Woś: ta ustawa wprowadziłaby totalny chaos w sądach
Do sprawy odniósł się też wcześniej w poniedziałek Michał Woś, wiceminister sprawiedliwości z Solidarnej Polski. Stwierdził, że "jeżeli ustawa napisana umlautami (znaki diakrytyczne właściwie dla alfabetu języka niemieckiego - red.), a nie w języku polskim, jest proponowana polskiemu parlamentowi, to nie można się na to zgodzić w takim kształcie".
- Stąd potrzebne rozmowy, potrzebne prace w parlamencie, ale stąd też deklaracje, że w takim kształcie ta ustawa na pewno nie znajdzie poparcia tego ugrupowania, które ja reprezentuję, czyli Solidarnej Polski, bo naruszałaby porządek konstytucyjny i wprowadziła totalny chaos, totalny chaos w sądach.
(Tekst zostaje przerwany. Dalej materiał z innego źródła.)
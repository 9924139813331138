//! Matchers and atoms: the rows of a table on standard input.
#![tactic(auto)]

mod client;
mod joined;
mod matchers;

use matchers::Matchers;
use std::io;
use test_tools::told;

fn main(rt: HostRuntime) -> io::Result<()> {
    let text = io::read_to_string(rt.alloc(), rt.stdin())?;
    let lines = told(rt.alloc(), &Matchers, text.as_str())?;
    print!(rt; "{lines}")
}
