//! What operations make of the truths of their children, as `AND yes no = no`.
use config_types::Operation;
use matcher_eval::combine;
use std::alloc::{AllocError, Global};
use test_tools::{Row, Tester};

fn operation_of(name: &str) -> Option<Operation> {
    match name {
        "AND" => Some(Operation::And),
        "OR" => Some(Operation::Or),
        "NOT" => Some(Operation::Not),
        "NAND" => Some(Operation::Nand),
        "NOR" => Some(Operation::Nor),
        _ => None,
    }
}

fn truth_of(word: &str) -> Option<bool> {
    match word {
        "yes" => Some(true),
        "no" => Some(false),
        _ => None,
    }
}

/// Joins the truths of each line of a row.
pub fn run_joined(alloc: Global, tester: &mut Tester, row: &Row<'_>) -> Result<(), AllocError> {
    for line in row.block().lines() {
        if let Some(text) = line.strip_prefix("join ") {
            tester.case();
            tester.holds(line, is_joined_so(alloc, text)?)?;
        }
    }
    Ok(())
}

/// Whether an operation, its children's truths and its own are so. What isn't read isn't so.
fn is_joined_so(alloc: Global, text: &str) -> Result<bool, AllocError> {
    let (head, wanted) = text.split_once(" = ").unwrap_or((text, ""));
    let (name, children) = head.split_once(' ').unwrap_or((head, ""));
    let (Some(operation), Some(truth)) = (operation_of(name), truth_of(wanted)) else {
        return Ok(false);
    };
    let mut truths = Vec::new(alloc);
    for word in children.split_whitespace() {
        let Some(child) = truth_of(word) else {
            return Ok(false);
        };
        truths.push(child)?;
    }
    Ok(combine(operation, truths.as_slice()) == truth)
}
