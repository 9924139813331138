//! The rows: a matcher, and atoms on which it holds or doesn't.
ghost use Rattle.config_types.specs.Askable.{IsAskable};

use super::client::{Client, Nodder};
use super::joined::run_joined;
use atom_record::{AtomFault, parse_atom};
use config_decode::{DecodeFault, decode};
use config_types::{Config, MatcherBody, SimpleMatcher, is_askable};
use matcher_eval::{FieldJudge, Judge};
use std::alloc::{AllocError, Global};
use test_tools::{Row, Table, Tester, unsigned};

/// More bytes than the matcher of any row has.
const MOST_BYTES: usize = 100_000;

/// The table of matchers.
pub struct Matchers;

impl Table for Matchers {
    fn marks(&self) -> &'static str {
        "simple yes no times judge unaskable join"
    }

    fn run(&self, alloc: Global, tester: &mut Tester, row: &Row<'_>) -> Result<(), AllocError> {
        if row.has("join") {
            return run_joined(alloc, tester, row);
        }
        let text = row.text(alloc, "simple")?;
        let whole = format!(in alloc; "matcher{{ simple{{ {text} }} }}")?;
        let Some(bytes) = tester.bytes_of("config", whole.as_str())? else {
            return Ok(());
        };
        run_bytes(alloc, tester, row, bytes.as_slice())
    }
}

/// Runs a row on the matcher of these bytes.
fn run_bytes(
    alloc: Global,
    tester: &mut Tester,
    row: &Row<'_>,
    bytes: &[u8],
) -> Result<(), AllocError> {
    if bytes.len() > MOST_BYTES {
        return tester.differs("a matcher that is too long", "");
    }
    match decode(alloc, bytes) {
        Ok(config) => run_config(alloc, tester, row, &config),
        Err(DecodeFault::Memory) => Err(AllocError),
        Err(_) => tester.differs("a matcher that isn't read", ""),
    }
}

fn run_config(
    alloc: Global,
    tester: &mut Tester,
    row: &Row<'_>,
    config: &Config,
) -> Result<(), AllocError> {
    let Some(matcher) = first_simple(config) else {
        return tester.differs("no simple matcher", "");
    };
    if row.has("unaskable") {
        tester.case();
        return tester.holds("may not be asked", !is_askable(matcher));
    }
    if !is_askable(matcher) {
        return tester.differs("may not be asked", "");
    }
    run_matcher(alloc, tester, row, matcher)
}

/// The first matcher, if it is simple.
fn first_simple(config: &Config) -> Option<&SimpleMatcher> {
    match &config.matchers.get(0)?.body {
        Some(MatcherBody::Simple(simple)) => Some(simple),
        _ => None,
    }
}

/// Asks a judge of the row's type on each of its atoms, and compares how often it was asked.
fn run_matcher(
    alloc: Global,
    tester: &mut Tester,
    row: &Row<'_>,
    matcher: &SimpleMatcher,
) -> Result<(), AllocError>
    requires { IsAskable matcher.now }
{
    if row.word("judge") == "nods" {
        let mut nodding = Client {
            judge: Nodder { asked: 0 },
            last: false,
        };
        let asked = ask_all(alloc, tester, row, matcher, &mut nodding)?;
        return tester.same_number("questions", asked, nodding.judge.asked);
    }
    let mut client = Client {
        judge: FieldJudge::new(),
        last: false,
    };
    let asked = ask_all(alloc, tester, row, matcher, &mut client)?;
    tester.same_number("questions", asked, client.judge.ticks())
}

/// Asks on each atom of a row, and counts the questions.
fn ask_all<J: Judge>(
    alloc: Global,
    tester: &mut Tester,
    row: &Row<'_>,
    matcher: &SimpleMatcher,
    client: &mut Client<J>,
) -> Result<u64, AllocError>
    requires { IsAskable matcher.now }
{
    let times = unsigned(row.line("times").unwrap_or("1")).unwrap_or(0);
    let mut asked = 0_u64;
    for line in row.block().lines() {
        if line == row.name {
            continue;
        }
        if let Some((truth, words)) = question_of(line) {
            for _ in 0..times {
                ask(alloc, tester, matcher, client, truth, words)?;
                asked = asked.saturating_add(1);
            }
        }
    }
    Ok(asked)
}

/// What a line asks: whether the matcher holds on an atom of these words.
fn question_of(line: &str) -> Option<(bool, &str)> {
    match line.split_once(' ')? {
        ("yes", words) => Some((true, words)),
        ("no", words) => Some((false, words)),
        _ => None,
    }
}

fn ask<J: Judge>(
    alloc: Global,
    tester: &mut Tester,
    matcher: &SimpleMatcher,
    client: &mut Client<J>,
    truth: bool,
    words: &str,
) -> Result<(), AllocError>
    requires { IsAskable matcher.now }
{
    tester.case();
    let text = format!(in alloc; "u32:{words}")?;
    let Some(payload) = tester.bytes(text.as_str())? else {
        return Ok(());
    };
    match parse_atom(alloc, payload.as_slice()) {
        Ok(atom) => {
            client.ask(matcher, &atom);
            tester.holds(words, client.last == truth)
        }
        Err(AtomFault::Memory) => Err(AllocError),
        Err(_) => tester.differs("no atom", words),
    }
}
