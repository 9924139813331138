//! A client that holds a judge of any type, and cites in its clauses what the judge says.
ghost use Rattle.std.specs.Prelude.{◌≡◌};
ghost use Rattle.atom_record.specs.AtomSound.{HasNoFault};
ghost use Rattle.config_types.specs.Askable.{IsAskable};
ghost use Rattle.matcher_eval.specs.Questions.{IsOneTick};

use atom_record::Atom;
use config_types::SimpleMatcher;
use matcher_eval::Judge;

/// A judge of which each matcher holds on each atom.
#[derive(Drop)]
pub struct Nodder {
    pub asked: u64,
}

impl Judge for Nodder {
    ghost use Rattle.std.specs.Prelude.{true};

    ghost says = { λ matcher atom. true };

    ghost ticks = { λ judge. judge.asked };

    fn eval_simple(&mut self, _matcher: &SimpleMatcher, _atom: &Atom) -> bool {
        self.asked = self.asked.saturating_add(1);
        true
    }
}

/// Keeps what its judge said last.
#[derive(Drop)]
pub struct Client<J: Judge> {
    pub judge: J,
    pub last: bool,
}

impl<J: Judge> Client<J> {
    /// Asks its judge once.
    pub fn ask(&mut self, matcher: &SimpleMatcher, atom: &Atom)
        requires askable { IsAskable matcher.now }
        requires sound { HasNoFault atom.now }
        ensures last { self.new.last ≡ J.says matcher.now atom.now }
        ensures ticks { IsOneTick (J.ticks self.old.judge) (J.ticks self.new.judge) }
    {
        self.last = self.judge.eval_simple(matcher, atom);
    }
}
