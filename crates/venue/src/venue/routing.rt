//! Slips go out and come back.

ghost use Rattle.std.specs.Prelude.{map};
ghost use Rattle.terms.specs.declared.calls.Call.TheVariants.{Draw as Drawing, Return as Returning};
ghost use Rattle.laws.specs.Routed.{out_after};
ghost use Rattle.rules.specs.Sorted.{Perm};
ghost use Rattle.book.specs.BookState.{Steps};
ghost use Rattle.book.specs.Means.{state};
ghost use Rattle.venue.specs.Answers.{Says, note_of, plain_answer};
ghost use Rattle.venue.specs.Holding.{FoundAt};

use super::Venue;
use crate::answers::Answer;
use slips::slip::{DrawnSlip, RefusedReturn};
use terms::refusals::Refusal;

// Where a slip of a number and so many shares stands among those that are out.
// Form: number and shares come apart, as `Call::Return` names a slip by them; a `DrawnSlip` is what is looked for.
fn find_slip(held: &[DrawnSlip], number: u32, shares: u32) -> Option<usize>
    ensures { FoundAt number shares held.now result }
{
    held.iter()
        .position(|slip| slip.number() == number && slip.shares() == shares)
}

impl Venue {
    /// The waiting slip of a number goes out.
    pub(super) fn draw(&mut self, number: u32) -> Result<Answer, Refusal>
        ensures step { Steps (state self.old.book) (Drawing number) (plain_answer result) (state self.new.book) }
        ensures plain { Says result (plain_answer result) }
        ensures slips { Perm (out_after (map note_of self.old.held.items) (plain_answer result)) (map note_of self.new.held.items) }
    {
        let slip = self.book.draw(number)?;
        let answer = Answer::Drawn {
            number: slip.number(),
            shares: slip.shares(),
        };
        self.held.push_reserved(slip);
        Ok(answer)
    }

    /// A slip that is out comes back with the shares executed away; if it is refused, it stays out.
    pub(super) fn take_back(
        &mut self,
        number: u32,
        shares: u32,
        away: u32,
    ) -> Result<Answer, Refusal>
        ensures step { Steps (state self.old.book) (Returning number shares away) (plain_answer result) (state self.new.book) }
        ensures plain { Says result (plain_answer result) }
        ensures slips { Perm (out_after (map note_of self.old.held.items) (plain_answer result)) (map note_of self.new.held.items) }
    {
        let i = find_slip(self.held.as_slice(), number, shares).ok_or(Refusal::NoDrawnSlip)?;
        let slip = self.held.remove(i);
        match self.book.give_back(slip, away) {
            Ok(answer) => Ok(Answer::Returned(answer)),
            Err(RefusedReturn { why, slip }) => {
                self.held.push_reserved(slip);
                Err(why)
            }
        }
    }
}
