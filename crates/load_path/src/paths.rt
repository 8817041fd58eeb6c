//! Paths and their parts.
ghost use Rattle.std.specs.Prelude.{◌≡◌, ◌<◌, ◌⊎◌, ◌||◌, ◌++◌, not, length, Err, IsErr, IsTrue, IfOk, OnOk, OnErr};
ghost use Rattle.load_path.specs.Paths.{directory_of, has_folder, is_component, path_of, text_of, IsPath};

use crate::texts::{Parts, directory};
use plain_values::{Bytes, Key, TryClone};
use std::alloc::{AllocError, Global};
use std::marker::Model;
use thiserror::Error;

/// The most bytes in one component of a path.
pub const COMPONENT_LIMIT: usize = 255;

/// Why a text isn't a path. A refused text leaves nothing behind.
#[derive(Clone, Copy, Debug, PartialEq, Eq, Error)]
pub enum PathFault {
    /// F1: the text doesn't begin with a directory of the load path and a slash.
    #[error("F1 Directory")]
    Directory,
    /// F2: more than two components follow the directory.
    #[error("F2 Depth")]
    Depth,
    /// F3: a component is empty, `.` or `..`, has more than 255 bytes, or has a byte outside 33 to 126.
    #[error("F3 Component")]
    Component,
    /// Memory ran out.
    #[error("out of memory")]
    Memory,
}

/// A path of the unit load path (systemd.unit(5), "Unit File Load Path"): a directory and one or two components, as
/// `/etc/systemd/system/x.service.d/10.conf`.
///
/// Paths are ordered by the rank of their directory; then those with one component come before those with two; then by
/// folder and name.
#[derive(Debug, PartialEq, Eq, PartialOrd, Ord)]
pub struct Path {
    rank: u8,
    folder: Bytes,
    name: Bytes,
}

impl Drop for Path {
    fn drop(self) {
        let Path {
            rank: _,
            folder: _,
            name: _,
        } = self;
    }
}

impl Model for Path {
    ghost use Rattle.load_path.specs.Paths.{PathParts, IsPath};

    ghost Value = { PathParts };

    ghost view = { λ p. record { rank = p.rank; folder = p.folder; name = p.name } };

    ghost invariant = { λ p. IsPath (record { rank = p.rank; folder = p.folder; name = p.name }) };

    ghost inverse = { λ v. record { rank = v.rank; folder = v.folder; name = v.name } };
}

impl Path {
    /// Parses a path. The faults are `Directory`, `Depth` and `Component`, checked in this order, and `Memory` if
    /// memory runs out, which happens only for a valid path. Linear in the text.
    pub fn parse(alloc: Global, text: &[u8]) -> Result<Path, PathFault>
        ensures parsed { (result ≡ Err PathFault.Memory) ⊎ (result ≡ path_of text.now) }
        ensures faults { IsErr (path_of text.now) → result ≡ path_of text.now }
    {
        let parts = Parts::of(text)?;
        Path::of(alloc, &parts).map_err(|_| PathFault::Memory)
    }

    // Makes a path of these parts, with its own copy of the bytes.
    fn of(alloc: Global, parts: &Parts) -> Result<Path, AllocError>
        ensures path { IfOk result (λ path. path ≡ parts.now) }
    {
        Ok(Path {
            rank: parts.rank,
            folder: Bytes::from_slice(alloc, parts.folder)?,
            name: Bytes::from_slice(alloc, parts.name)?,
        })
    }

    /// Returns the rank of the directory: 0 for `/etc`, 1 for `/run`, 2 for `/usr/local/lib`, 3 for `/usr/lib`. A
    /// lesser rank overrides a greater one. Allocates nothing.
    pub fn rank(&self) -> u8
        ensures rank { result ≡ self.now.rank }
        ensures within { result < 4 }
    {
        self.rank
    }

    /// Returns the path of the directory, without a trailing slash. Allocates nothing.
    pub fn dir(&self) -> &'static [u8]
        ensures directory { result.now ≡ directory_of self.now.rank }
    {
        directory(self.rank)
    }

    /// Returns the folder below the directory, or an empty slice if the path has only one component. Allocates nothing.
    pub fn folder(&self) -> &[u8]
        ensures folder { result.now ≡ self.now.folder }
        ensures component { IsTrue (not (has_folder self.now) || is_component self.now.folder) }
    {
        self.folder.as_slice()
    }

    /// Returns the last component. Allocates nothing.
    pub fn name(&self) -> &[u8]
        ensures name { result.now ≡ self.now.name }
        ensures component { IsTrue (is_component self.now.name) }
    {
        self.name.as_slice()
    }

    /// Returns the rank of the directory, and borrows the folder and the name. Allocates nothing.
    pub fn parts(&self) -> (u8, &Bytes, &Bytes)
        ensures rank { result.0 ≡ self.now.rank }
        ensures folder { result.1.now ≡ self.now.folder }
        ensures name { result.2.now ≡ self.now.name }
    {
        (self.rank, &self.folder, &self.name)
    }

    /// Returns the rank of the directory, and the folder and the name by value. Allocates nothing.
    pub fn into_parts(self) -> (u8, Bytes, Bytes)
        ensures parts { record { rank = result.0; folder = result.1; name = result.2 } ≡ self }
        ensures well_formed { IsPath self }
    {
        let Path { rank, folder, name } = self;
        (rank, folder, name)
    }

    /// Makes a path of these parts. Allocates nothing.
    pub fn from_parts(rank: u8, folder: Bytes, name: Bytes) -> Path
        requires well_formed { IsPath (record { rank = rank; folder = folder; name = name }) }
        ensures path { result ≡ record { rank = rank; folder = folder; name = name } }
    {
        Path { rank, folder, name }
    }

    /// Appends the text of the path to `out`. If memory runs out, nothing is appended.
    #[tactic(auto, unfolding(crate::specs::Paths::text_of))]
    pub fn append_to(&self, out: &mut Vec<u8>) -> Result<(), AllocError>
        ensures ok { OnOk result (out.new.items ≡ out.old.items ++ text_of self.now) }
        ensures err { OnErr result (out.new.items ≡ out.old.items) }
    {
        let directory = self.dir();
        let folder = self.folder();
        let name = self.name();
        let slashes = if folder.is_empty() { 1 } else { 2 };
        out.reserve(directory.len() + folder.len() + name.len() + slashes)?;
        out.extend_from_slice(directory)?;
        out.push(b'/')?;
        if !folder.is_empty() {
            out.extend_from_slice(folder)?;
            out.push(b'/')?;
        }
        out.extend_from_slice(name)
    }

    /// Returns an equal path that shares its bytes. Fails only if memory runs out.
    pub fn try_clone(&self) -> Result<Path, AllocError>
        ensures copy { IfOk result (λ copy. copy ≡ self.now) }
    {
        Ok(Path {
            rank: self.rank,
            folder: self.folder.try_clone()?,
            name: self.name.try_clone()?,
        })
    }
}

impl TryClone for Path {
    fn try_clone(&self) -> Result<Path, AllocError> {
        Path::try_clone(self)
    }
}

impl Key for Path {
    ghost use Rattle.load_path.specs.PathLaws.{path_cmp-IsAntisymmetric};

    ghost exact = { path_cmp-IsAntisymmetric };
}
Nikt już by nie wiedział, kto jest sędzią, a kto nie, każdy każdego by kwestionował – oświadczył w Woś w poniedziałek w rozmowie z dziennikarzami w Rybniku. W ocenie Wosia orzeczenia Trybunału Konstytucyjnego jednoznacznie przesądzają, że osoba powołana przez prezydenta na sędziego jest sędzią "nawet gdyby przyjąć, że procedura, w której był wybierany jako kandydat, który był przedstawiany panu prezydentowi, byłaby dotknięta jakąkolwiek wadą". Wiceminister dodawał, że ochrona polskiego porządku konstytucyjnego jest polską racją stanu.
Jak mówił, o projekcie nowelizacji Solidarna Polska dowiedziała się ze stron sejmowych. Wiceminister po raz kolejny powtórzył, że Polska powinna otrzymać środki z Krajowego Planu Odbudowy. Zarzucił Komisji Europejskiej, że łamie prawo i używa mechanizmów i środków finansowych "do szantażowania Polski i Polaków", by wymusić pożądane decyzje.
- A jakie? O tym mówiła pani (Ursula - red.) von der Leyen, szefowa KE patrząc, w stronę (szefa PO Donalda - red.) Tuska i mówiąc: "Czekam Donaldzie aż będziesz premierem". To jest cel Komisji Europejskiej, żeby obalić w Polsce ten rząd konserwatywny, który sprawuje w tej chwili odpowiedzialność za Polskę i żeby zainstalować tutaj pana Tuska, który posłusznie będzie kiwał głową wobec Brukseli w każdej sprawie – ocenił Woś.
- Z pewnością ustawy powinny być pisane w polskim parlamencie, a nie w obcych językach – dodał. Pytany, z kim PiS przegłosuje tę ustawę o SN, odpowiedział, że "z tymi, z którymi uzna za stosowne i kto będzie chciał poprzeć tę ustawę". KPO Woś określił mianem "gigantycznego kredytu". - To, że on jest na fatalnych warunkach, to jest błąd pana premiera Morawieckiego, o czym wielokrotnie jako Solidarna Polska mówiliśmy i przestrzegaliśmy – powiedział.
Ziobro: Solidarna Polska nie zaakceptuje projektu ustawy w sprawie sądownictwa
O tym, że Solidarna Polska nie zaakceptuje projektu ustawy w jego obecnej wersji mówił już wcześniej lider tej partii, minister sprawiedliwości Zbigniew Ziobro.
- Ministerstwo Sprawiedliwości, i zarazem Solidarna Polska, nie mogła i nie zaakceptuje projektu napisanego w uzgodnieniu z Brukselą, który dokonuje zasadniczych zmian w obszarze polskiego sądownictwa - mówił Ziobro 15 grudnia. Dodał, że jego ugrupowanie oczekuje spotkania z premierem w tej sprawie, aby "wskazał drogę wyjścia".